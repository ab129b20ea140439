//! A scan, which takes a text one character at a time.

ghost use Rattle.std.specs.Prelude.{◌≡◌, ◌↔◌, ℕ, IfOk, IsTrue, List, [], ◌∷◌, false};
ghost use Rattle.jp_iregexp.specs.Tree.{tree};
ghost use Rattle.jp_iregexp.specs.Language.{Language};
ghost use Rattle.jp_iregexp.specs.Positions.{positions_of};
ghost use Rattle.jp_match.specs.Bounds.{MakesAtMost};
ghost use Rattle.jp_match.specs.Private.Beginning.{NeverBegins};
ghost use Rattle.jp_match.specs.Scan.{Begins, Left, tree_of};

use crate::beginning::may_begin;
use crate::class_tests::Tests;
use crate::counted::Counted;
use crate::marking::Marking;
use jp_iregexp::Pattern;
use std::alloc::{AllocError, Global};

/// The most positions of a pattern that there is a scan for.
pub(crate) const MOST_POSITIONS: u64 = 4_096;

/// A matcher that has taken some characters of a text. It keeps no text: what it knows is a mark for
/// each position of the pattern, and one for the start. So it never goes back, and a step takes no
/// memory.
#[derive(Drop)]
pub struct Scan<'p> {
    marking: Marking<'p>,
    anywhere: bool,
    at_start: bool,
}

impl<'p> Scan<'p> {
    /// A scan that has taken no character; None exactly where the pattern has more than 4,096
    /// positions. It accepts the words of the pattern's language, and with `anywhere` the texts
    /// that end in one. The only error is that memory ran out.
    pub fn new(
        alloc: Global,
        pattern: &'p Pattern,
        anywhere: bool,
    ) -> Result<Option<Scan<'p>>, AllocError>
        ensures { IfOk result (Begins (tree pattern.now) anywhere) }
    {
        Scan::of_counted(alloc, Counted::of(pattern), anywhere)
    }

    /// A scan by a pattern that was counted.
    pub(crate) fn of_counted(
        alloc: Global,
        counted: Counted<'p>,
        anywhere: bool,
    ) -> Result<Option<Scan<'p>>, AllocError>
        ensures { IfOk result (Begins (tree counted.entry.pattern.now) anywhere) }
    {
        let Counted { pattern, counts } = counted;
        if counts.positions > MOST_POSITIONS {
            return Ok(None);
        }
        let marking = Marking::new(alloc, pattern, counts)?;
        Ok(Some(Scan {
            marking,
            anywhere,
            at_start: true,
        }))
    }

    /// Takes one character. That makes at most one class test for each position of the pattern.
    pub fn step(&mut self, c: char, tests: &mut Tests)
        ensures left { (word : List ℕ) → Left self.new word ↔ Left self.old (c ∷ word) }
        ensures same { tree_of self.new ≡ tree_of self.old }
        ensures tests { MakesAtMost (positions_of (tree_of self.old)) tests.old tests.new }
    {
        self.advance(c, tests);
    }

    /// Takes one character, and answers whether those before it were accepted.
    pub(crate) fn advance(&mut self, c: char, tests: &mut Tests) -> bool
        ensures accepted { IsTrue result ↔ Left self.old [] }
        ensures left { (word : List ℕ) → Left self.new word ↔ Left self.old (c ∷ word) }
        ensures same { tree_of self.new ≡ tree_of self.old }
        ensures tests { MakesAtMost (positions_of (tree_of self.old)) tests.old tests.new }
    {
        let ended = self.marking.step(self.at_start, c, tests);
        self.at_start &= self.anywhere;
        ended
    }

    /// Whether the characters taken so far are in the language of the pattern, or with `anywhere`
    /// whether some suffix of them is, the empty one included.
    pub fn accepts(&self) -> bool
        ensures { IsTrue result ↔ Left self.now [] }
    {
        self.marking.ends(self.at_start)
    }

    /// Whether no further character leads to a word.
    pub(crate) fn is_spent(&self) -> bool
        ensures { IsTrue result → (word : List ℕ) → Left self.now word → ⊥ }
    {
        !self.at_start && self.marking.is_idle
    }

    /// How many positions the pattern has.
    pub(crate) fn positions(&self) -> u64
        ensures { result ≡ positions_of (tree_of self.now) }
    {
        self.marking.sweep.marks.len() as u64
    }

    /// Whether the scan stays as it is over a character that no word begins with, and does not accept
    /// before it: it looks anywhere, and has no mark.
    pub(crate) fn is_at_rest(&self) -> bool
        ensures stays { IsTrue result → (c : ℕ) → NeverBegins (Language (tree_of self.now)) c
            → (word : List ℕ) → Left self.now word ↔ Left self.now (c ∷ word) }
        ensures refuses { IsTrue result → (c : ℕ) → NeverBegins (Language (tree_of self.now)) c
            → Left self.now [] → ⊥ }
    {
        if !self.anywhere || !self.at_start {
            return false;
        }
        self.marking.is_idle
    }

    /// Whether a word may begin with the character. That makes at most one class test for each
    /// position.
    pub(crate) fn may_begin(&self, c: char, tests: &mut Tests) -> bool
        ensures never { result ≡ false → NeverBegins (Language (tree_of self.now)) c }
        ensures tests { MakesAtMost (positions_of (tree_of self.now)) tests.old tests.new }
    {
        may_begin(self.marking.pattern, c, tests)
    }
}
+-------+
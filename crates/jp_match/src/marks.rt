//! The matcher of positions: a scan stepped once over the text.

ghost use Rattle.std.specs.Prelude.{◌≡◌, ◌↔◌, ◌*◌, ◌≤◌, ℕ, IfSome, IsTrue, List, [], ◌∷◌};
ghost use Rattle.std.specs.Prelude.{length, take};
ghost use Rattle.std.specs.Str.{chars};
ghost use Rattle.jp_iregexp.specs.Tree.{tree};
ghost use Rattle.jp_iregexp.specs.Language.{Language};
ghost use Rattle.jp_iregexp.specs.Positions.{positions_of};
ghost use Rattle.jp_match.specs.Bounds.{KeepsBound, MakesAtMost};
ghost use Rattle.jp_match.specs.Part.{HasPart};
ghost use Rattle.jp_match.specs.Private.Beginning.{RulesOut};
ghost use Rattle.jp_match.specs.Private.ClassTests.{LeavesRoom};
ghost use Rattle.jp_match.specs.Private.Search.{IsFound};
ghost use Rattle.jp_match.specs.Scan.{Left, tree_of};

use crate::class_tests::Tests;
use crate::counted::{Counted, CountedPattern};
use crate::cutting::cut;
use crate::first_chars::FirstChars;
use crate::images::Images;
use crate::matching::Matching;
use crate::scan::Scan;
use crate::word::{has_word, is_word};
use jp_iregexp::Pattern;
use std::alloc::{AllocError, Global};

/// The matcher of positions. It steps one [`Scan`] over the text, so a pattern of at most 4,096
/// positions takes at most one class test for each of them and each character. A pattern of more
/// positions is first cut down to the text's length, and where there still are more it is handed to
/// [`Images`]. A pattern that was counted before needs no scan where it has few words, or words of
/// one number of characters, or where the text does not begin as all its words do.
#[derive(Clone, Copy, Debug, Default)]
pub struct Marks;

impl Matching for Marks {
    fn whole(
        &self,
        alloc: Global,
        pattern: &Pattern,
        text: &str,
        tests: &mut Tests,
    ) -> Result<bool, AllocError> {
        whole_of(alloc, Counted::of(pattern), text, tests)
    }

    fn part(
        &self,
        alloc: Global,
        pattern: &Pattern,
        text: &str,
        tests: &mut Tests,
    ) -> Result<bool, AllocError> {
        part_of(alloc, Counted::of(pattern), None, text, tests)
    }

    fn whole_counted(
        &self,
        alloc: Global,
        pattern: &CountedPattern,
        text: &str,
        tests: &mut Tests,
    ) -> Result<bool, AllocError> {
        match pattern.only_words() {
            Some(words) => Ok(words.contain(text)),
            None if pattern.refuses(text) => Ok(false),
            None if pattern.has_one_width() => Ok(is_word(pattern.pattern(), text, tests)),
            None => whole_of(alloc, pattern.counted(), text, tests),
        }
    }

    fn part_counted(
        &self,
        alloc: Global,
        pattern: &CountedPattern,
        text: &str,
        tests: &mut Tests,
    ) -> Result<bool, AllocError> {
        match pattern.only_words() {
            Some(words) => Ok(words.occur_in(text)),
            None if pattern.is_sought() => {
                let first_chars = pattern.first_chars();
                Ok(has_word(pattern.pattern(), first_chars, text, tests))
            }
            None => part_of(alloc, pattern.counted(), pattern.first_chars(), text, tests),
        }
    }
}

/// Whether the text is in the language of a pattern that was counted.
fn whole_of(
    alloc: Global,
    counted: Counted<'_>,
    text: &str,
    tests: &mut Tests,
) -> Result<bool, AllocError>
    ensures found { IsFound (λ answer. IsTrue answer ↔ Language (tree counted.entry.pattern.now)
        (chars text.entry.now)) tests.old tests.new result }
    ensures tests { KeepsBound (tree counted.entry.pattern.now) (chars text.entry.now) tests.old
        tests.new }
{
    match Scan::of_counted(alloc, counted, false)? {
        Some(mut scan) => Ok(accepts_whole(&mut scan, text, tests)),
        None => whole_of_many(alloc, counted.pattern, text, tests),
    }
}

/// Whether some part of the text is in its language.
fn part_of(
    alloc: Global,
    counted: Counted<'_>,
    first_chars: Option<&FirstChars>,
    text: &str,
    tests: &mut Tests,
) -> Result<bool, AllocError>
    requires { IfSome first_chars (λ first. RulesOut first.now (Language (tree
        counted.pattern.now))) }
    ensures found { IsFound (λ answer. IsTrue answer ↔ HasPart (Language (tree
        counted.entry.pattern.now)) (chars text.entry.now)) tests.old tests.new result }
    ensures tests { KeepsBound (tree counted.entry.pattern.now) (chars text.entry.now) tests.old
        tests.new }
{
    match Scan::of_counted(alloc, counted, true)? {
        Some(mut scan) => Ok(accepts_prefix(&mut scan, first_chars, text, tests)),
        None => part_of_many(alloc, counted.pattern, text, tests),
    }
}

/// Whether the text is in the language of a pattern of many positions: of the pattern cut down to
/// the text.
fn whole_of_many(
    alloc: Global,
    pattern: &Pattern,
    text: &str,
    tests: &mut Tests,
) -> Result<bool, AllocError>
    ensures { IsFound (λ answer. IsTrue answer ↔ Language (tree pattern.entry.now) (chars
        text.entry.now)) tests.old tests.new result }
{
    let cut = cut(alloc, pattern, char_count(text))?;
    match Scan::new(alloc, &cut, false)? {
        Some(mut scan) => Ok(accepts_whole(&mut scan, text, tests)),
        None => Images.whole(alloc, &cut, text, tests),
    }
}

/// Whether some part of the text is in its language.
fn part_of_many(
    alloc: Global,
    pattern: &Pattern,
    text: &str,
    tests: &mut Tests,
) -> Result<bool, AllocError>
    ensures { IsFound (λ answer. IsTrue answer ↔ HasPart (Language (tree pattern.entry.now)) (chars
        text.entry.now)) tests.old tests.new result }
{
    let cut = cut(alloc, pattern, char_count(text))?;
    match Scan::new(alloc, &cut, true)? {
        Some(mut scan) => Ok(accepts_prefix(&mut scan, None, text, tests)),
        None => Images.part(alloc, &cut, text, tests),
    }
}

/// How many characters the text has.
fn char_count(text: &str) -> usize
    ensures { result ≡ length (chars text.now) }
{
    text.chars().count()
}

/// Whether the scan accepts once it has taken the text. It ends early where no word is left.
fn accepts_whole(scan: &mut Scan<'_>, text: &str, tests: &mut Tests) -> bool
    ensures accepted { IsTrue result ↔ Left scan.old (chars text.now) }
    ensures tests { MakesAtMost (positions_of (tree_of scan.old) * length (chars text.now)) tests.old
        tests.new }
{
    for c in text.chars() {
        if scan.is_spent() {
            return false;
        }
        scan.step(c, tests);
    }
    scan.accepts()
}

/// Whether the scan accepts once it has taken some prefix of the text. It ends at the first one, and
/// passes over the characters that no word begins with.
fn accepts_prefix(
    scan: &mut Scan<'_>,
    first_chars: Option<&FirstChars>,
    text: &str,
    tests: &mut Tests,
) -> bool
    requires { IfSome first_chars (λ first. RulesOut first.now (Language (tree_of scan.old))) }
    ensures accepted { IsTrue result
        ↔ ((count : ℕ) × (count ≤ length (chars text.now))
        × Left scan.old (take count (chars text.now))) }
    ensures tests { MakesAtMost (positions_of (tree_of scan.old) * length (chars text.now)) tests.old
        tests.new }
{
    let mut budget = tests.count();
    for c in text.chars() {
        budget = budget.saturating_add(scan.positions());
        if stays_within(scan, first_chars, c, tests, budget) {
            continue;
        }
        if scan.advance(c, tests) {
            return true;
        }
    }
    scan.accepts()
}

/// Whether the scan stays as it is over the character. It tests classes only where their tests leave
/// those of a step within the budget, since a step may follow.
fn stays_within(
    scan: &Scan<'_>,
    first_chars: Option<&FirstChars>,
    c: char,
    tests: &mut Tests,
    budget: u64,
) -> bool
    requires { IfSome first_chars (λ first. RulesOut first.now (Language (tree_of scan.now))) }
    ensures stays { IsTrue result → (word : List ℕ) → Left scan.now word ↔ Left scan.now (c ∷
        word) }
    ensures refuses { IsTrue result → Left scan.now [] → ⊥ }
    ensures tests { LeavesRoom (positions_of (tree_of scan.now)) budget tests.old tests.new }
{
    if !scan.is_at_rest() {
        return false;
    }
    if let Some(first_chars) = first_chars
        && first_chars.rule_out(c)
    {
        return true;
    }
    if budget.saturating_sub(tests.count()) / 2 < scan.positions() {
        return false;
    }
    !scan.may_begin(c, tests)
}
+-------+
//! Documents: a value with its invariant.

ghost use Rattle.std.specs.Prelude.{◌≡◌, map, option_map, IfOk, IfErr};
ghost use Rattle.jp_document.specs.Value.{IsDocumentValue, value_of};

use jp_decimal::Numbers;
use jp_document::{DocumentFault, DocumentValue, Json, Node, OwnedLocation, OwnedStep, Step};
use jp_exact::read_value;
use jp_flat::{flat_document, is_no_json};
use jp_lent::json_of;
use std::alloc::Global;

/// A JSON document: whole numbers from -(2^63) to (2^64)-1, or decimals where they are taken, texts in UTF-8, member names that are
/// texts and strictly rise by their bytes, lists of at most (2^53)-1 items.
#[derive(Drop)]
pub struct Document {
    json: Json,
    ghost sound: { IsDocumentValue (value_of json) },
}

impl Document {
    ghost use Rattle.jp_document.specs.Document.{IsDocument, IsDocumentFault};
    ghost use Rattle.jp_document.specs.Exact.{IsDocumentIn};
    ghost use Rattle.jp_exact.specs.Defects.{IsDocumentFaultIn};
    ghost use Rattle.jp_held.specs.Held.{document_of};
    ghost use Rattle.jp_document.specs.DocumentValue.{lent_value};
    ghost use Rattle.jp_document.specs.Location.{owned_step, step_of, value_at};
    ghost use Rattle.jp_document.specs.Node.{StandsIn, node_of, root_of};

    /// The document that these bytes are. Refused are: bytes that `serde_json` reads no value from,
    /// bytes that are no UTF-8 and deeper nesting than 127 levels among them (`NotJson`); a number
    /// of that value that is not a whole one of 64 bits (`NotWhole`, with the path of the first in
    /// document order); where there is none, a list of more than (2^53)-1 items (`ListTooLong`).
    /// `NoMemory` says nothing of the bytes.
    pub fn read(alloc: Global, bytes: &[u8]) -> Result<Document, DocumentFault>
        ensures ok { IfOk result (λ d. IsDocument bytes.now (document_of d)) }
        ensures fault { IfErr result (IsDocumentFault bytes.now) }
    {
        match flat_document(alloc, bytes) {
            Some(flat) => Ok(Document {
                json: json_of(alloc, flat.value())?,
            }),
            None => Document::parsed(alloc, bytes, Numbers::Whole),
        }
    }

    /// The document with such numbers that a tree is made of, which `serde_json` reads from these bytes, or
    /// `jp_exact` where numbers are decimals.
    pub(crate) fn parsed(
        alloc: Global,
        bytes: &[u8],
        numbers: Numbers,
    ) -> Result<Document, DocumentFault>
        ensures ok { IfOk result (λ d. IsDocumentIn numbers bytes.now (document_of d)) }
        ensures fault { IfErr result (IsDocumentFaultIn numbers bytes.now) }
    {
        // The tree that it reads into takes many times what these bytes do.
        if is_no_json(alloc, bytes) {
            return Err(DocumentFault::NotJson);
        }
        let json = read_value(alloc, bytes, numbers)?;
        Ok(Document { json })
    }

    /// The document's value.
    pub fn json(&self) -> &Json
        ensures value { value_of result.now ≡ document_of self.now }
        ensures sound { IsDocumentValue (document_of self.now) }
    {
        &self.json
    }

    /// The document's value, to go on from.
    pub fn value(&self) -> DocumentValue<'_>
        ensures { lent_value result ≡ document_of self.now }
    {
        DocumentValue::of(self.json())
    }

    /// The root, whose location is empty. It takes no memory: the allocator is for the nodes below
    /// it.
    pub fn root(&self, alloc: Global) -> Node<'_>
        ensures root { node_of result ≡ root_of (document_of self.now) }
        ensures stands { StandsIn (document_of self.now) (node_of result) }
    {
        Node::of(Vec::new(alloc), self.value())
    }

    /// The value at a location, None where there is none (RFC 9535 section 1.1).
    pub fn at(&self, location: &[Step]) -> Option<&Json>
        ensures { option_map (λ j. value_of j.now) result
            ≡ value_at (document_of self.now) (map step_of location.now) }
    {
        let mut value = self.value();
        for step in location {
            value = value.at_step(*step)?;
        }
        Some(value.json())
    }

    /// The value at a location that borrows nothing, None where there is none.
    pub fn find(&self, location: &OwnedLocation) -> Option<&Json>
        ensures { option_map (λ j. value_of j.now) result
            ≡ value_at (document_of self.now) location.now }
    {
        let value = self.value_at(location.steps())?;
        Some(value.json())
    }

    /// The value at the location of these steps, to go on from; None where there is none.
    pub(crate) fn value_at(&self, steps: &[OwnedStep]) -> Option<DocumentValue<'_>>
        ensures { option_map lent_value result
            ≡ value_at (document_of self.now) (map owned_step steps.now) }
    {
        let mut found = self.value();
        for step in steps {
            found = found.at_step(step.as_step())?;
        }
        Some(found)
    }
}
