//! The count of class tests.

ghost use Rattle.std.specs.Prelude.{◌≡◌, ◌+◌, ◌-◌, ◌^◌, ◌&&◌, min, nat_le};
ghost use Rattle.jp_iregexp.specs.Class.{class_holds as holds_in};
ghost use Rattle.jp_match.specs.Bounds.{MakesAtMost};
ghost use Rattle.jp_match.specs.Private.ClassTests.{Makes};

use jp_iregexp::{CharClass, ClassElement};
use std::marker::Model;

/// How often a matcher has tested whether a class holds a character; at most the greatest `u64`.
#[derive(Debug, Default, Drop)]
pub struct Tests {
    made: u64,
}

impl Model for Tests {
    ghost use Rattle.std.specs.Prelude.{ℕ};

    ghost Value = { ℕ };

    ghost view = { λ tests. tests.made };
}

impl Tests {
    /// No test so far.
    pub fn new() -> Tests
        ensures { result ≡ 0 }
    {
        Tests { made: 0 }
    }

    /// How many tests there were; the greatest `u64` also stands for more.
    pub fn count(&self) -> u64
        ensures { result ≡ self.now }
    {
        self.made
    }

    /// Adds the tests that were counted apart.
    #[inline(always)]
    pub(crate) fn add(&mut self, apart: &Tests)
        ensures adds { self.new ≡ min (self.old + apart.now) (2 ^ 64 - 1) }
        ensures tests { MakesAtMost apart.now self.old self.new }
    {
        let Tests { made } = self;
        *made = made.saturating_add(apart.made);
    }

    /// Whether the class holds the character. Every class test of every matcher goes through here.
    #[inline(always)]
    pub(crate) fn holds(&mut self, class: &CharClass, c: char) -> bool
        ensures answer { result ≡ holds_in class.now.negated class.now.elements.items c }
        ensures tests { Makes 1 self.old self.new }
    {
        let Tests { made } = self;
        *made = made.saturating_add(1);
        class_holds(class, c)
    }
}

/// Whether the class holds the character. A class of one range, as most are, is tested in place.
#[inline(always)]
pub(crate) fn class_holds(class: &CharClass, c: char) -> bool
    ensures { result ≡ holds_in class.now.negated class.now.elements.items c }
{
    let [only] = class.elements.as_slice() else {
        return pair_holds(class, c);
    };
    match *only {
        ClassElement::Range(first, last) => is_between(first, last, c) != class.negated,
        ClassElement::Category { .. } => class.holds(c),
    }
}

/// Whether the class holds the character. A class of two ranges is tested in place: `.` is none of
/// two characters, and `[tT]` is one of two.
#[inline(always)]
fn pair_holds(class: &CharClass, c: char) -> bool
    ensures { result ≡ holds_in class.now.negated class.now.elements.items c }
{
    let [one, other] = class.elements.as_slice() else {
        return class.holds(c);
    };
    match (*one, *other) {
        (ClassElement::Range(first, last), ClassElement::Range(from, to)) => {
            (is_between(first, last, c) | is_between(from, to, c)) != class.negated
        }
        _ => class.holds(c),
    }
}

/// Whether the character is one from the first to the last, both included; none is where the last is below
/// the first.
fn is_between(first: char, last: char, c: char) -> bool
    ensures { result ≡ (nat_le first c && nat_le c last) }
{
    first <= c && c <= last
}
+-------+
Activity
Exactly the lines above from the one with "let value = self.value_at(location.steps())?;" to the one with "pub(crate) fn holds(&mut", both included, are to be quoted; leave the rest out.

Exercise output
        let value = self.value_at(location.steps())?;
        Some(value.json())
    }

    /// The value at the location of these steps, to go on from; None where there is none.
    pub(crate) fn value_at(&self, steps: &[OwnedStep]) -> Option<DocumentValue<'_>>
        ensures { option_map lent_value result
            ≡ value_at (document_of self.now) (map owned_step steps.now) }
    {
        let mut found = self.value();
        for step in steps {
            found = found.at_step(step.as_step())?;
        }
        Some(found)
    }
}
//! The count of class tests.

ghost use Rattle.std.specs.Prelude.{◌≡◌, ◌+◌, ◌-◌, ◌^◌, ◌&&◌, min, nat_le};
ghost use Rattle.jp_iregexp.specs.Class.{class_holds as holds_in};
ghost use Rattle.jp_match.specs.Bounds.{MakesAtMost};
ghost use Rattle.jp_match.specs.Private.ClassTests.{Makes};

use jp_iregexp::{CharClass, ClassElement};
use std::marker::Model;

/// How often a matcher has tested whether a class holds a character; at most the greatest `u64`.
#[derive(Debug, Default, Drop)]
pub struct Tests {
    made: u64,
}

impl Model for Tests {
    ghost use Rattle.std.specs.Prelude.{ℕ};

    ghost Value = { ℕ };

    ghost view = { λ tests. tests.made };
}

impl Tests {
    /// No test so far.
    pub fn new() -> Tests
        ensures { result ≡ 0 }
    {
        Tests { made: 0 }
    }

    /// How many tests there were; the greatest `u64` also stands for more.
    pub fn count(&self) -> u64
        ensures { result ≡ self.now }
    {
        self.made
    }

    /// Adds the tests that were counted apart.
    #[inline(always)]
    pub(crate) fn add(&mut self, apart: &Tests)
        ensures adds { self.new ≡ min (self.old + apart.now) (2 ^ 64 - 1) }
        ensures tests { MakesAtMost apart.now self.old self.new }
    {
        let Tests { made } = self;
        *made = made.saturating_add(apart.made);
    }

    /// Whether the class holds the character. Every class test of every matcher goes through here.
    #[inline(always)]
    pub(crate) fn holds(&mut self, class: &CharClass, c: char) -> bool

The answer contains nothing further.